When the final act came and I got the incredibly immersion breaking prompt screen that this would be my last chance, I tied up all loose ends. I went to my favorite Ramen Shop, I went to the afterlife and ordered 2 Jackie Welles (A shot of Vodka on the rocks, with lime juice, ginger beer… oh and most importantly — a splash of love), then went home, did my nightly routine, and called Jackie one last time.

 

Living in Night City wasn't easy. It took effort, but once I did it, it was total. And that night looking out of my window to the city as I drank my Jackie Welles. I knew I'd miss this city.

 

The endings of the game is both a source of praise and criticism. The criticism comes not, I think from the endings themselves, which for the record are all great, if a varying level of satisfying; but rather that the only meaningful story choices happen here. Whether you call your girlfriend, what pills you take, if your bromance meter with Johnny is filled up by now, these are the choices that matter in the end.

 

Cyberpunk boasts a respectable 7 endings depending on if you storm the place with Alderados, or knock down the front door with Johnny's gang, or accept help from the sister of the head of Asaka herself, with a secret ending where you and Johnny run a solo mission kicking down the door guns blazing. You can even choose to end it all right there. Take the gun, and no one else gets hurt. There are also endings depending on whether you say "fuck it" and just let Johnny take the body.

 

The issue is that you don't have a lot of power beyond these ending choices for the overall direction of the story: but I've already argued that's largely the point. There was never going to be the ending Where V an Johnny team up to take down the corrupt power structures of this world. V and Johnny might be legends, but the corporations live on. They always live on. Arasaka tower took two thermonuclear bombs, but here it is, still standing 50 years later. There is no changing the world in Cyberpunk stories, but rather, the story is always going to be a bittersweet character journey. And to me, Cyberpunk delivered.

 

A lot of people have said the most satisfying journey was the Nomad-to-Nomad arch, and I have to admit that it does have a satisfying full circle journey. But for my money, the Corpo to Nomad arc is just as satisfying.

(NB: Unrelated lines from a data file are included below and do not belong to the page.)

static CASES: [Case; 22] = [
    Case {
        run: Run::Lines,
        input: LINES,
        reads: 47,
        output: b"{\"cost\":2,\"id\":\"a\",\"plan\":\"LU\",\"status\":\"optimal\"}\n\
                {\"id\":\"b\",\"status\":\"unsolvable\",\"why\":\"parity\"}\n\
                {\"best\":null,\"bound\":21,\"cause\":\"limit\",\"id\":\"c\",\"status\":\"bounded\"}\n\
                {\"fault\":\"V3\",\"line\":4,\"status\":\"refused\"}\n\
                {\"fault\":\"E2\",\"line\":5,\"status\":\"refused\"}\n",
        status: 1,
        unwritten: "tilesolve: B2\n",
    },
    Case {
        run: Run::Batch,
        input: b"b 1 2 3 0 4 5\nc 1 2 0 4 5 3\n",
        reads: 29,
        output: b"{\"cost\":9,\"id\":\"b\",\"plan\":\"RR\",\"status\":\"optimal\"}\n\
                {\"cost\":3,\"id\":\"c\",\"plan\":\"D\",\"status\":\"optimal\"}\n",
        status: 0,
        unwritten: "tilesolve: B2\n",
    },
    Case {
        run: Run::Program,
        input: b"1 1 2 0 3 4 5 6 7 8\nb 1\n#\n",
        reads: 27,
        output: b"{\"cost\":2,\"id\":\"1\",\"plan\":\"LL\",\"status\":\"optimal\"}\n\
                {\"fault\":\"E2\",\"line\":2,\"status\":\"refused\"}\n",
        status: 1,
        unwritten: "tilesolve: B2\n",
    },
    // What follows the line is not read.
    Case {
        run: Run::Certify,
        input: b"\nr 1 0 2 3\n a 0 1 2 3",
        reads: 11,
        output: &ONE_MOVE,
        status: 0,
        unwritten: "tilesolve: F8\n",
    },
    Case {
        run: Run::Certify,
        input: b"a 0 1 2 3",
        reads: 10,
        output: &SOLVED,
        status: 0,
        unwritten: "tilesolve: F8\n",
    },
    Case {
        run: Run::Certify,
        input: b"x 1 3 0 2\n",
        reads: 10,
        output: &THREE_MOVES,
        status: 0,
        unwritten: "tilesolve: F8\n",
    },
    Case {
        run: Run::Certify,
        input: b"\nx 0 1 2\na 0 1 2 3\n",
        reads: 9,
        output: b"{\"fault\":\"E2\",\"line\":2,\"status\":\"refused\"}\n",
        status: 1,
        unwritten: "tilesolve: B2\n",
    },
    Case {
        run: Run::Certify,
        input: b"a 0 2 1 3\n",
        reads: 10,
        output: b"{\"id\":\"a\",\"status\":\"unsolvable\",\"why\":\"parity\"}\n",
        status: 0,
        unwritten: "tilesolve: B2\n",
    },
    Case {
        run: Run::Certify,
        input: b"# none\n",
        reads: 8,
        output: b"",
        status: 0,
        unwritten: "",
    },
    Case {
        run: Run::Check,
        input: &ONE_MOVE_ONE,
        reads: 46,
        output: b"{\"cost\":1,\"status\":\"accepted\"}\n",
        status: 0,
        unwritten: "tilesolve: B2\n",
    },
    Case {
        run: Run::Check,
        input: &SOLVED,
        reads: 38,
        output: b"{\"cost\":0,\"status\":\"accepted\"}\n",
        status: 0,
        unwritten: "tilesolve: B2\n",
    },
    Case {
        run: Run::Check,
        input: &BOUND,
        reads: 42,
        output: b"{\"bound\":1,\"status\":\"accepted\"}\n",
        status: 0,
        unwritten: "tilesolve: B2\n",
    },
    Case {
        run: Run::Check,
        input: b"TILECRT3",
        reads: 8,
        output: b"{\"fault\":\"F1\",\"status\":\"refused\"}\n",
        status: 5,
        unwritten: "tilesolve: B2\n",
    },
    Case {
        run: Run::Show,
        input: &ONE_MOVE_ONE,
        reads: 46,
        output: b"    start      1 L\n     1  .     .  1\n     2  3     2  3\n\n     \
                goal\n     .  1\n     2  3\n\nmoves: 1, cost: 1 (claimed to be least)\n",
        status: 0,
        unwritten: "tilesolve: B2\n",
    },
    Case {
        run: Run::Show,
        input: &BOUND,
        reads: 42,
        output: b"    start     goal\n     1  .     .  1\n     2  3     2  3\n\n\
                bound: 1 (claimed: no plan costs less)\n",
        status: 0,
        unwritten: "tilesolve: B2\n",
    },
    Case {
        run: Run::Show,
        input: b"TILECRT3",
        reads: 8,
        output: b"{\"fault\":\"F1\",\"status\":\"refused\"}\n",
        status: 5,
        unwritten: "tilesolve: B2\n",
    },
    Case {
        run: Run::Upgrade,
        input: &ONE_MOVE_ONE,
        reads: 46,
        output: &ONE_MOVE,
        status: 0,
        unwritten: "tilesolve: F8\n",
    },
    Case {
        run: Run::Upgrade,
        input: &BOUND,
        reads: 42,
        output: &BOUND,
        status: 0,
        unwritten: "tilesolve: F8\n",
    },
    Case {
        run: Run::Upgrade,
        input: b"TILECRT3",
        reads: 8,
        output: b"",
        status: 5,
        unwritten: "",
    },
    // A step is answered where its line is whole, and the report comes at the end of the input.
    Case {
        run: Run::Replay,
        input: b"r 1 0 2 3\ngrant 0\nrest 1\nexpand\nexpand 0\nannounce 0\nrest 0",
        reads: 59,
        output: b"ok\nS15\nB4\nok\nok\nok\n\
                {\"cost\":1,\"id\":\"r\",\"plan\":\"L\",\"status\":\"optimal\"}\n",
        status: 1,
        unwritten: "tilesolve: B2\n",
    },
    Case {
        run: Run::Replay,
        input: b"x 1 0 2\ngrant 0\n",
        reads: 8,
        output: b"{\"fault\":\"E2\",\"line\":1,\"status\":\"refused\"}\n",
        status: 1,
        unwritten: "tilesolve: B2\n",
    },
    Case {
        run: Run::Boards,
        input: b"",
        reads: 0,
        output: b"b1 0 1 2 3\nb2 0 1 2 3\nb3 0 1 2 3\nb4 0 1 2 3\nb5 0 1 2 3\nb6 0 1 2 3\n\
                b7 0 1 2 3\nb8 0 1 2 3\nb9 0 1 2 3\nb10 0 1 2 3\n",
        status: 0,
        unwritten: "tilesolve: B2\n",
    },
];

My V had started her journey high on the corporate ladder, and was knocked from grace by company politics, then after trying the mercenary life, toward the end of it, it all became tiring. Night City is complex place, as uncaring as it is corrupting. And for all of its beautiful Vistas and flashy neon is plaster to sure up the cracks. Night City is in decay, and if you let it the decay sets in you as well. Given 6 months to live, my V decided that the open road, the world away from Night City was the life for her. In Night City all she had were broken dreams and lost friends. The Nomads gave her something more: a home.

 

My time in Night City was meaningful, to me. The little interactions, the moments of connection. The small moments where I simply lived in its sprawling decay will stick to my memory. The question of how much of that experience was because of the game, and how much was what I added to it comes to mind, but honestly? What's the difference? That was what I took away, that's mine. And so was my choice to leave.

 

And like V, I don't think I will be returning to Night City. The spectacle of the city, it's architecture, it lives with me now, the memories of the time I lived there will live on. But my V's story is done and continuing in its streets feels wrong to me somehow. In the end, I have a lot to say about Cyberpunk 2077, and not all positive. My thoughts are complex, and the game is supremely flawed, but goddamn did it grip me. Perhaps the spectacle of it all is all I needed to fill in the cracks on my own. Or maybe it was the small moments of connection that got me. I'm just glad I lived there for a little while.